## Work required
Could you report every line of the listing below that holds the word "jobs"?

*** Opening Input material ***

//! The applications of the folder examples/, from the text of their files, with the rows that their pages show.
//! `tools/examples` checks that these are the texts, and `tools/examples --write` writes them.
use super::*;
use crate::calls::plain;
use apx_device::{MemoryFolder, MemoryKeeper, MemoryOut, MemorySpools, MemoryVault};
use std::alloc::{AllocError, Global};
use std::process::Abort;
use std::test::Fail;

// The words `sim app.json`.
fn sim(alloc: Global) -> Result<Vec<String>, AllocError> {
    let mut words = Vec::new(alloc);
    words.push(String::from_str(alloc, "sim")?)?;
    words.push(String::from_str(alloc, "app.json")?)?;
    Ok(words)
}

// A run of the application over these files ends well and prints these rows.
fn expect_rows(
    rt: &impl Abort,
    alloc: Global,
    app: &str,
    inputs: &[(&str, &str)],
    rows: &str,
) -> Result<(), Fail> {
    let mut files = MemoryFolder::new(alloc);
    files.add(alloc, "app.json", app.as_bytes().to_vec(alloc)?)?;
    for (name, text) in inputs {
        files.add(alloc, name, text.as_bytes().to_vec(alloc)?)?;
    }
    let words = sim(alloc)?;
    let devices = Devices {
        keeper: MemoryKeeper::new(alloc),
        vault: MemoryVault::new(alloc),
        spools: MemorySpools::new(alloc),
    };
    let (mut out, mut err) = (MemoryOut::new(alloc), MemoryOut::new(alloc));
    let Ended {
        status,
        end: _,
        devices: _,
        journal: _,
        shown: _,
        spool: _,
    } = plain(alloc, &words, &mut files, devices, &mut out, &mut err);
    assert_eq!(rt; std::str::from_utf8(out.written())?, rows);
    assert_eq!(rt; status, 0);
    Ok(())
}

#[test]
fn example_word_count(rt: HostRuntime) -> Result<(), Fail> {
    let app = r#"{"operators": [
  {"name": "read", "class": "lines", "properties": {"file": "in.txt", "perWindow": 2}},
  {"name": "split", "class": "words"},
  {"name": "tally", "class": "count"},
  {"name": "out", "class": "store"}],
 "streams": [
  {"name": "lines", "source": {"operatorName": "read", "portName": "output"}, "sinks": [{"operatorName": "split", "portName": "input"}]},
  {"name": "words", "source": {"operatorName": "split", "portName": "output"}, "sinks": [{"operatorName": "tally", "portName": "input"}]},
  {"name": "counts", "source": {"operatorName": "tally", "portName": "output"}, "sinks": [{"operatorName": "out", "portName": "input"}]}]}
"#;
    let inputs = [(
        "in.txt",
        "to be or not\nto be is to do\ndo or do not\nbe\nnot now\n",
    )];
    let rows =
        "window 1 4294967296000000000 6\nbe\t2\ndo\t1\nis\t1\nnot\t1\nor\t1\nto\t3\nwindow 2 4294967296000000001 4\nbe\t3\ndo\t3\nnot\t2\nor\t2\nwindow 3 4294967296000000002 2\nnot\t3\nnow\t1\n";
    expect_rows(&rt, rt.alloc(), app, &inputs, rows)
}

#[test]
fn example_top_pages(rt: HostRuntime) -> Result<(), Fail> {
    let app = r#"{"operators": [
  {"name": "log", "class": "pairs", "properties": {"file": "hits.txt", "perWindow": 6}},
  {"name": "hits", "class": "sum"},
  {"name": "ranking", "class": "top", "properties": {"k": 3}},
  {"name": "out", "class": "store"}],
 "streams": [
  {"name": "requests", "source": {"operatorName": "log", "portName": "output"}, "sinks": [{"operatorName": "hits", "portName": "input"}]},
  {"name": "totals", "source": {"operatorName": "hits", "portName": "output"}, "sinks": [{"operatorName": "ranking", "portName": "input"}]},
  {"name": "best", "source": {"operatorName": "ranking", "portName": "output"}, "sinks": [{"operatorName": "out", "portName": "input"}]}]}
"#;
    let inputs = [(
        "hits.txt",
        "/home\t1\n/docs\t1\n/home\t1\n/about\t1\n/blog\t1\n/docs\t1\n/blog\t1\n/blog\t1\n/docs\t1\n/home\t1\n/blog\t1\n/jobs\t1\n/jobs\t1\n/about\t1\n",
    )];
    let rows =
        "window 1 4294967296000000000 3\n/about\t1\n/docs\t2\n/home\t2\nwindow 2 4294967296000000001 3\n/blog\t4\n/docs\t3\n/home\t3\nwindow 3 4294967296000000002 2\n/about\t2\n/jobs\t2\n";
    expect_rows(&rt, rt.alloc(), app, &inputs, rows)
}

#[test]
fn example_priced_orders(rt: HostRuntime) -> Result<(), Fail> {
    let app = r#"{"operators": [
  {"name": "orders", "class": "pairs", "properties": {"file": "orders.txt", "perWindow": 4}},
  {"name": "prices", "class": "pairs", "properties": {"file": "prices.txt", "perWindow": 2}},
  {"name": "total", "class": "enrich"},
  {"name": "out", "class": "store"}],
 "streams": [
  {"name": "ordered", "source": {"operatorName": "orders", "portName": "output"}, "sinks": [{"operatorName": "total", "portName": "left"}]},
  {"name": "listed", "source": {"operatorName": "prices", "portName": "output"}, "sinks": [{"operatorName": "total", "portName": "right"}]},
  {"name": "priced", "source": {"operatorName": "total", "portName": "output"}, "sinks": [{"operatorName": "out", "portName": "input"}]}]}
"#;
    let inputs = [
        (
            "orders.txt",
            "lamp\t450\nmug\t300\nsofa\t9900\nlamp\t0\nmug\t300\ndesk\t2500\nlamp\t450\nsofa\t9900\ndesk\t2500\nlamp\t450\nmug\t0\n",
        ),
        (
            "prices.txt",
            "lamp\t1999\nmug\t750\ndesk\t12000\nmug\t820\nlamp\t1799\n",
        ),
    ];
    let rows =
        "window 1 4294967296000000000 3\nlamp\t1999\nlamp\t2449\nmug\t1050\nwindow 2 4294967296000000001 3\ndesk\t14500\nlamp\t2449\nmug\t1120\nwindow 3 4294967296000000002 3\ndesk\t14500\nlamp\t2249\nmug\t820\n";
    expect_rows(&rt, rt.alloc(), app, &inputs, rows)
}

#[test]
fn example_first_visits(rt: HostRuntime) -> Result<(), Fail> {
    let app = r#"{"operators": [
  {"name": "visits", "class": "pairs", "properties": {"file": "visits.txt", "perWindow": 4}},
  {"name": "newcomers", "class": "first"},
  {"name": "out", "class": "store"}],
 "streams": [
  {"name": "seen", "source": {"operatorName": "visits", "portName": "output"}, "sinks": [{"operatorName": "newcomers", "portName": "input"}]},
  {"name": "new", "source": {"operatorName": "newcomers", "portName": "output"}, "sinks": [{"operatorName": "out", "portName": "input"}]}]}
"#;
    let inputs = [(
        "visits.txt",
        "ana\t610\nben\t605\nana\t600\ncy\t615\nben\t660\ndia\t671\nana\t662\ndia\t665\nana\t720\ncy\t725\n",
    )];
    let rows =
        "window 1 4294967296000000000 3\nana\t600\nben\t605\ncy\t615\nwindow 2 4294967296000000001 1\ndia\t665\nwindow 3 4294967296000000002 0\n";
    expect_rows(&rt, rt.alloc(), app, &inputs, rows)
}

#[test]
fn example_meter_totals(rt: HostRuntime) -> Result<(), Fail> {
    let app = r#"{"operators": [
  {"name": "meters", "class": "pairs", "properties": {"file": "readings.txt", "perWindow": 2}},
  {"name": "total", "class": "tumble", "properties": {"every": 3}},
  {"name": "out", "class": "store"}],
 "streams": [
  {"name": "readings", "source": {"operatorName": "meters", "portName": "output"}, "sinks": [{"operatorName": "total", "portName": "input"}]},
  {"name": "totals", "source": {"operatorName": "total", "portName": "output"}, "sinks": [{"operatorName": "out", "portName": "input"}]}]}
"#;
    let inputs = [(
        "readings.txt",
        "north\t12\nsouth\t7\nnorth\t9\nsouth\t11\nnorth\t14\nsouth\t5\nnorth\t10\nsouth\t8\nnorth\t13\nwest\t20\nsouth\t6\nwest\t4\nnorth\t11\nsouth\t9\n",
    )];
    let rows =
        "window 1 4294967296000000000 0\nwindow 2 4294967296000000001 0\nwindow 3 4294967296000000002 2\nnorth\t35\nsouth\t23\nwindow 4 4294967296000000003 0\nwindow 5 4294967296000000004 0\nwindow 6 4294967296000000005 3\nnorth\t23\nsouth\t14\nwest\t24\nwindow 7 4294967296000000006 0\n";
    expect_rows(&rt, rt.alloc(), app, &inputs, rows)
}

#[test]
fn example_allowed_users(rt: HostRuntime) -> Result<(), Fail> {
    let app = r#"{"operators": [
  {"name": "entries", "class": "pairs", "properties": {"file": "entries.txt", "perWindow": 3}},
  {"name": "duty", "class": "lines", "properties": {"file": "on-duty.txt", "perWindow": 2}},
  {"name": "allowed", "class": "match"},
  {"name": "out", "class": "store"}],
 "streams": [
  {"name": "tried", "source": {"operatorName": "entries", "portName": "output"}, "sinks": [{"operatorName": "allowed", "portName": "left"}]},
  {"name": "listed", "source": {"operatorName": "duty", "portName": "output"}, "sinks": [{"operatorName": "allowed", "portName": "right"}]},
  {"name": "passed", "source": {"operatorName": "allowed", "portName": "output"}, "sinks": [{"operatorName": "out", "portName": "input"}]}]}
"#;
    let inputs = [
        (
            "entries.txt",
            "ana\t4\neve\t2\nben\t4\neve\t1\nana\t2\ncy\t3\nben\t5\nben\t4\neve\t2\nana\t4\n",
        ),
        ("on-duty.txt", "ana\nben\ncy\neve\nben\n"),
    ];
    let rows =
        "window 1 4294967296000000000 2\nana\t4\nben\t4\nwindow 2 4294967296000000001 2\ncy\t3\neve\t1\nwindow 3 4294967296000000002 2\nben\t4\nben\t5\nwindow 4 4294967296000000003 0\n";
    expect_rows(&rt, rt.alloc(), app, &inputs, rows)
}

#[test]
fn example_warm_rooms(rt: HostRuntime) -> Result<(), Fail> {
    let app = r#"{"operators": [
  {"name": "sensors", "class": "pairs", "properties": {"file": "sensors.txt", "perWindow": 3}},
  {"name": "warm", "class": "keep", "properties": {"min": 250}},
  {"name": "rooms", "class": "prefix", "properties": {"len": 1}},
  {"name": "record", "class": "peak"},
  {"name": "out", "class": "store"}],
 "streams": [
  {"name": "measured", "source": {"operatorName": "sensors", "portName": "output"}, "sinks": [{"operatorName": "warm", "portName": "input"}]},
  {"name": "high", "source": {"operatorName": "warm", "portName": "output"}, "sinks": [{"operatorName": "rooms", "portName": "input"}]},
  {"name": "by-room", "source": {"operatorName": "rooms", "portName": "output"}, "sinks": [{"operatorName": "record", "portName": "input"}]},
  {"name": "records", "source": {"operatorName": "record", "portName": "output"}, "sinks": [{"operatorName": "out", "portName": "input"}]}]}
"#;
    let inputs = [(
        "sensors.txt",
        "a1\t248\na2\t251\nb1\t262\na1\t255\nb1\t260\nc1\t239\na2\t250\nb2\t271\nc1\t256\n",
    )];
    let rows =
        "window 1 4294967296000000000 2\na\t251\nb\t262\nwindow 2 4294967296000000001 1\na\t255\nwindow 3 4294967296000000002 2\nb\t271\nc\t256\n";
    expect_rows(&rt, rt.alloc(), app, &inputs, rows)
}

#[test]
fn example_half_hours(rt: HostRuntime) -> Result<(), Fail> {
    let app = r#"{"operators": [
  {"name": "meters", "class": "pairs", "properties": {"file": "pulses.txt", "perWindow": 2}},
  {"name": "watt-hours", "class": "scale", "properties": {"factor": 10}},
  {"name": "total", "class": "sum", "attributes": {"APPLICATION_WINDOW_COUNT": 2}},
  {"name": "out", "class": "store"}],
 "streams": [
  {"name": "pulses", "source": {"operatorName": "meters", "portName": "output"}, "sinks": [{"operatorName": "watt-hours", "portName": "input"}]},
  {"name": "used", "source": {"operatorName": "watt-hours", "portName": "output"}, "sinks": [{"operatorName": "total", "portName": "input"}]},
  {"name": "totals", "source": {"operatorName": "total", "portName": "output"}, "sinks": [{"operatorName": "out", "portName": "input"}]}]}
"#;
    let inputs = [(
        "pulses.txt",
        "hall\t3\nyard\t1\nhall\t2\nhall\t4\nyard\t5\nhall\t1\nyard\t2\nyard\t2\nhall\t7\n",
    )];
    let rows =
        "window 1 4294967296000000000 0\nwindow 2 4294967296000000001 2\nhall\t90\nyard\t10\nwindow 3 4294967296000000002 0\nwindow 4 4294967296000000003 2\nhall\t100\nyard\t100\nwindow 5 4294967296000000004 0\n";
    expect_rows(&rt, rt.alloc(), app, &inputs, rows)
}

*** Closing Input material ***

## Problem solution
        "/home\t1\n/docs\t1\n/home\t1\n/about\t1\n/blog\t1\n/docs\t1\n/blog\t1\n/blog\t1\n/docs\t1\n/home\t1\n/blog\t1\n/jobs\t1\n/jobs\t1\n/about\t1\n",
        "window 1 4294967296000000000 3\n/about\t1\n/docs\t2\n/home\t2\nwindow 2 4294967296000000001 3\n/blog\t4\n/docs\t3\n/home\t3\nwindow 3 4294967296000000002 2\n/about\t2\n/jobs\t2\n";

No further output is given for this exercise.